1. Foreword
- This article takes you to compile hue together, and use hue to adapt livy + spark. By combining Hue, Livy and Spark SQL, you can write and execute SQL queries in a friendly web interface, and run them on a remote Spark cluster.
1. Introduction to Hue
- Hue (Hadoop User Experience) is an open source Apache Hadoop UI system evolved from Cloudera Desktop, and finally Cloudera contributed it to the Hadoop community of the Apache Foundation, which is implemented based on the Python web framework Django. Hue provides a graphical user interface for the KMR cluster, which is convenient for users to configure, use and view the KMR cluster. Hue official website, Github
- Access to HDFS and file browsing
- Debug and develop hive and display data results through web
- solr query, result display, report generation
- Debug and develop impala interactive SQL Query via web
- Spark debugging and development
- Pig development and debugging
- Development, monitoring and workflow coordination and scheduling of oozie tasks
- Hbase data query and modification, data display
- Hive metadata (metastore) query
- MapReduce task progress view, log tracking
- Create and submit MapReduce, Streaming, Java job tasks
- Development and debugging of Sqoop2
- Browse and edit Zookeeper
- Query and display of databases (MySQL, PostgreSQL, SQlite, Oracle)
2. Introduction to livy
- Apache Livy is a service that can easily interact with the Spark cluster through the REST interface. It can easily submit Spark jobs or Spark code, perform synchronous or asynchronous result retrieval and Spark Context context management. Apache Livy also simplifies Spark and applications. Interaction between program servers, thus enabling Spark to be used for interactive web mobile applications. livy official website, Github
2. Compile and install Hue
name | version |
---|---|
hue | 4.10 |
livy | 0.8 |
Spark | 3.2.1 |
Considering that the compilation is cumbersome and complicated, the relevant compiled packages have been placed on the network disk, and you can pick them up if you need them.

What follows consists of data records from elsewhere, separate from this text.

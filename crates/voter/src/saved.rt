//! A voter as numbers, to be saved and restored, and the least of it.
ghost use Rattle.std.specs.Prelude.{◌≡◌, ◌<◌, ◌≤◌, ◌+◌, ◌++◌, ◌∷◌, [], ℕ, Option, IsTrue, IfSome, Some, None, length, slice_index};
ghost use Rattle.std.specs.FinMap as map;
ghost use Rattle.arrayvec.specs.ArrayVec.{array_vec_len};
ghost use Rattle.numbers.specs.Bounds.{max_clients, max_voters};
ghost use Rattle.voter.specs.declared.state.Grant.{Grant};
ghost use Rattle.voter.specs.declared.state.VoterState.{VoterState};
ghost use Rattle.voter.specs.Waiting.{waiting_words};
ghost use Rattle.voter.specs.Saved.{IsHolder, IsKept, grant_words, head_words, least_voter, stamp_of_word, words_of};

use crate::queue::Queue;
use crate::state::{Grant, VoterState};
use arrayvec::ArrayVec;
use message::Request;
use numbers::{MAX_CLIENTS, MAX_LIMIT};

/// How many numbers a saved voter has.
pub const SAVED_WORDS: usize = 138;

/// The numbers of a saved voter.
pub type SavedWords = ArrayVec<u64, 138>;

/// The first number, as bytes: `qvoter1` and 0.
const HEADER: u64 = 13918053929547377;

impl VoterState {
    fn push_head(&self, words: &mut SavedWords)
        requires room { words.old.items ≡ [] }
        ensures head { words.new.items ≡ head_words self.now }
        ensures len { array_vec_len words.new ≡ 10 }
    {
        words.push(HEADER);
        words.push(u64::from(self.id));
        words.push(self.limit);
        words.push(self.granted);
        words.push(self.seen);
        words.push(u64::from(self.inquiring));
        match self.held {
            None => push_four(0, 0, 0, 0, words),
            Some(g) => push_four(1, u64::from(g.client), g.stamp, g.grant, words),
        }
    }

    fn push_waiting(&self, words: &mut SavedWords)
        requires room { array_vec_len words.old + max_clients ≤ 138 }
        ensures waiting { words.new.items ≡ words.old.items ++ waiting_words self.now.waiting }
        ensures len { array_vec_len words.new ≡ array_vec_len words.old + max_clients }
    {
        for client in 0..MAX_CLIENTS as u8 {
            words.push(self.waiting.stamp_of(client).unwrap_or(0));
        }
    }

    /// Writes the numbers of the voter.
    #[tactic(auto, unfolding(crate::specs::Saved::words_of))]
    pub fn save(&self, words: &mut SavedWords)
        ensures words { words.new.items ≡ words_of self.now }
        ensures len { array_vec_len words.new ≡ 138 }
    {
        words.clear();
        self.push_head(words);
        self.push_waiting(words);
        let _ = words.try_extend_from_slice(&self.finished);
    }

    /// Forgets all but the least.
    pub fn forget(&mut self)
        ensures { self.new ≡ least_voter self.old }
    {
        self.inquiring = false;
        self.waiting = Queue::new();
        self.finished = [0; MAX_CLIENTS];
        self.seen = 0;
    }

    fn is_saved_as(&self, words: &[u64]) -> bool
        ensures text { IsTrue result → words.now ≡ words_of self.now }
        ensures read { words.now ≡ words_of self.now → IsTrue result }
    {
        let mut own = ArrayVec::new();
        self.save(&mut own);
        own.as_slice() == words
    }

    /// Returns whether the grant, the number of grants and the waiting requests are those of a sound
    /// voter.
    #[tactic(auto, using(crate::proofs::SavedLemmas::nobody_waits))]
    fn has_sound_vote(&self) -> bool
        ensures holder { IsTrue result → IsHolder self.now.held }
        ensures numbered { IsTrue result → (g : Grant) → self.now.held ≡ Some g → g.grant ≤ self.now.granted }
        ensures apart { IsTrue result → (g : Grant) → self.now.held ≡ Some g → map.get self.now.waiting g.client ≡ None }
        ensures free { IsTrue result → self.now.held ≡ None → (client : ℕ) → map.get self.now.waiting client ≡ None }
        ensures read { IsKept self.now → IsTrue result }
    {
        match self.held {
            Some(g) => {
                usize::from(g.client) < MAX_CLIENTS
                    && g.stamp > 0
                    && g.grant > 0
                    && g.grant <= self.granted
                    && self.waiting.stamp_of(g.client).is_none()
            }
            None => self.waiting.front().is_none(),
        }
    }

    /// Returns the voter with these numbers, if they are those of a sound voter.
    pub fn restore(words: &[u64]) -> Option<VoterState>
        ensures kept { IfSome result IsKept }
        ensures text { IfSome result (λ v. words.now ≡ words_of v) }
        ensures read { (v : VoterState) → IsKept v → words.now ≡ words_of v → result ≡ Some v }
    {
        if words.len() != SAVED_WORDS {
            return None;
        }
        if_saved(voter_of(words), words)
    }
}

fn push_four(a: u64, b: u64, c: u64, d: u64, words: &mut SavedWords)
    requires room { array_vec_len words.old + 4 ≤ 138 }
    ensures numbers { words.new.items ≡ words.old.items ++ a ∷ b ∷ c ∷ d ∷ [] }
    ensures len { array_vec_len words.new ≡ array_vec_len words.old + 4 }
{
    words.push(a);
    words.push(b);
    words.push(c);
    words.push(d);
}

/// Returns the waiting requests from the stamp of each client's request, 0 if it doesn't wait.
fn queue_of(words: &[u64]) -> Queue
    requires { length words.now ≡ max_clients }
    ensures { (c : ℕ) → map.get result c ≡ stamp_of_word (slice_index words.now c) }
{
    let mut queue = Queue::new();
    for client in 0..MAX_CLIENTS as u8 {
        let stamp = stamp_at(words, client);
        add(&mut queue, client, stamp);
    }
    queue
}

fn stamp_at(words: &[u64], client: u8) -> u64
    requires { client < length words.now }
    ensures { result ≡ slice_index words.now client }
{
    words[client as usize]
}

/// Adds the request of a client that doesn't wait yet, unless the stamp is 0.
fn add(queue: &mut Queue, client: u8, stamp: u64)
    requires client { client < max_clients }
    requires first { map.get queue.old client ≡ None }
    ensures some { 0 < stamp → queue.new ≡ map.insert queue.old client stamp }
    ensures none { stamp ≡ 0 → queue.new ≡ queue.old }
{
    if stamp > 0 {
        queue.add(Request { stamp, client });
    }
}

/// Returns the number of a voter or a client that a word is.
fn number_of(word: u64) -> u8
    ensures below { result < max_clients }
    ensures read { word < max_clients → result ≡ word }
{
    (word % MAX_CLIENTS as u64) as u8
}

/// Returns the grant with these numbers, none if the first is 0.
fn grant_of(mark: u64, client: u64, stamp: u64, grant: u64) -> Option<Grant>
    ensures { (held : Option Grant) → IsHolder held → mark ∷ client ∷ stamp ∷ grant ∷ [] ≡ grant_words held
        → result ≡ held }
{
    if mark == 0 {
        return None;
    }
    Some(Grant {
        client: number_of(client),
        stamp,
        grant,
    })
}

/// Returns the voter with these numbers, and any voter if they are those of none.
fn voter_of(words: &[u64]) -> VoterState
    requires { length words.now ≡ 138 }
    ensures id { result.id < max_voters }
    ensures stamped { (c s : ℕ) → map.get result.waiting c ≡ Some s → 1 ≤ s }
    ensures few { (c : ℕ) → max_clients ≤ c → map.get result.waiting c ≡ None }
    ensures read { (v : VoterState) → IsKept v → words.now ≡ words_of v → result ≡ v }
{
    let mut finished = [0; MAX_CLIENTS];
    finished.copy_from_slice(&words[74..138]);
    VoterState {
        id: number_of(words[1]),
        limit: words[2],
        granted: words[3],
        seen: words[4],
        inquiring: words[5] == 1,
        held: grant_of(words[6], words[7], words[8], words[9]),
        waiting: queue_of(&words[10..74]),
        finished,
    }
}

/// Returns the voter if it is sound and has these numbers.
fn if_saved(voter: VoterState, words: &[u64]) -> Option<VoterState>
    requires id { voter.id < max_voters }
    requires stamped { (c s : ℕ) → map.get voter.waiting c ≡ Some s → 1 ≤ s }
    requires few { (c : ℕ) → max_clients ≤ c → map.get voter.waiting c ≡ None }
    ensures kept { IfSome result IsKept }
    ensures text { IfSome result (λ v. words.now ≡ words_of v) }
    ensures read { IsKept voter → words.now ≡ words_of voter → result ≡ Some voter }
{
    if voter.limit <= MAX_LIMIT
        && voter.granted <= voter.limit
        && voter.has_sound_vote()
        && voter.is_saved_as(words)
    {
        return Some(voter);
    }
    None
}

Link: https://pan.baidu.com/s/1BOsnKKwKmTohSGbzi-3QpQ
Extraction code: C3hp
1. Install dependency packages
Hue depends on a number of packages that need to be installed before installing Hue.
yum install \ ant \ asciidoc \ cyrus-sasl-devel\ cyrus-sasl-gssapi\ cyrus-sasl-plain \ gcc \ gcc -c++ \ krb5-devel\ libffi-devel \ libxml2-devel\ libxslt-devel\ make \ mysql\ mysql-devel\ openldap-devel\ python-devel \ sqlite-devel\ gmp-devel\ npm
2. Compile Hue
Go to the hue installation directory and execute make.
-
make apps
It packs all the installation packages into the current source code package. If the installation package is migrated, the entire current package needs to be packaged together, which will cause a large amount of redundant source code data in the installation package. -
PREFIX=/data/hue-4.10 make install
If you need to migrate the installation package, you must pay attention to the path of the installation package, because some dependencies in hue use absolute paths, so when migrating the installation package, try to keep the path unchanged. -
After the compilation is successful, Hue can be started on the compilation machine. If you need to deploy on other machines, you need to pack and compress the /data/hue-4.10 directory and copy it to the target machine. Try to keep the path unchanged.
-
After the compilation is complete, you can enter echo $? to view the status code. If it is 0, the compilation is successful:
3. Problems encountered
If there is a problem in the compilation process every time, try to make clean before recompiling, so as to avoid the last wrong compilation and installation residue from affecting the subsequent reinstallation.
1. npm download fails
Solution: The default mirror source of npm is a foreign address, so the download will be very slow or unable to download, so it can be solved by modifying the mirror source downloaded by npm to the domestic Taobao mirror source.
npm config set proxy null to clear the proxy npm cache clean --force to clear the cache npm config set registry https://registry.npm.taobao.org set proxy
2. nodejs version problem
- The reason for its appearance is that nodejs version 18 and above involve packages related to the latest underlying operating system. Therefore, when installing nodejs, it is recommended to use a version below 18.
3. Configure Hue
- Decompress the Hue compiled and packaged in the previous step to the target machine /data/hue-4.10/. Then configure /data/hue-4.10/hue/desktop/conf/pseudo-distributed.ini
- Copy out a configuration file
cp /data/hue-4.10/hue/desktop/conf/pseudo-distributed.ini.tmpl /data/hue-4.10/hue/desktop/conf/pseudo-distributed.ini
- Edit the configuration file, the complete configuration file is as follows, refer to (MySQL metadata synchronization, HDFS file browsing integration, livy integration, Hive integration, impala integration, yarn integration, LDAP, etc.)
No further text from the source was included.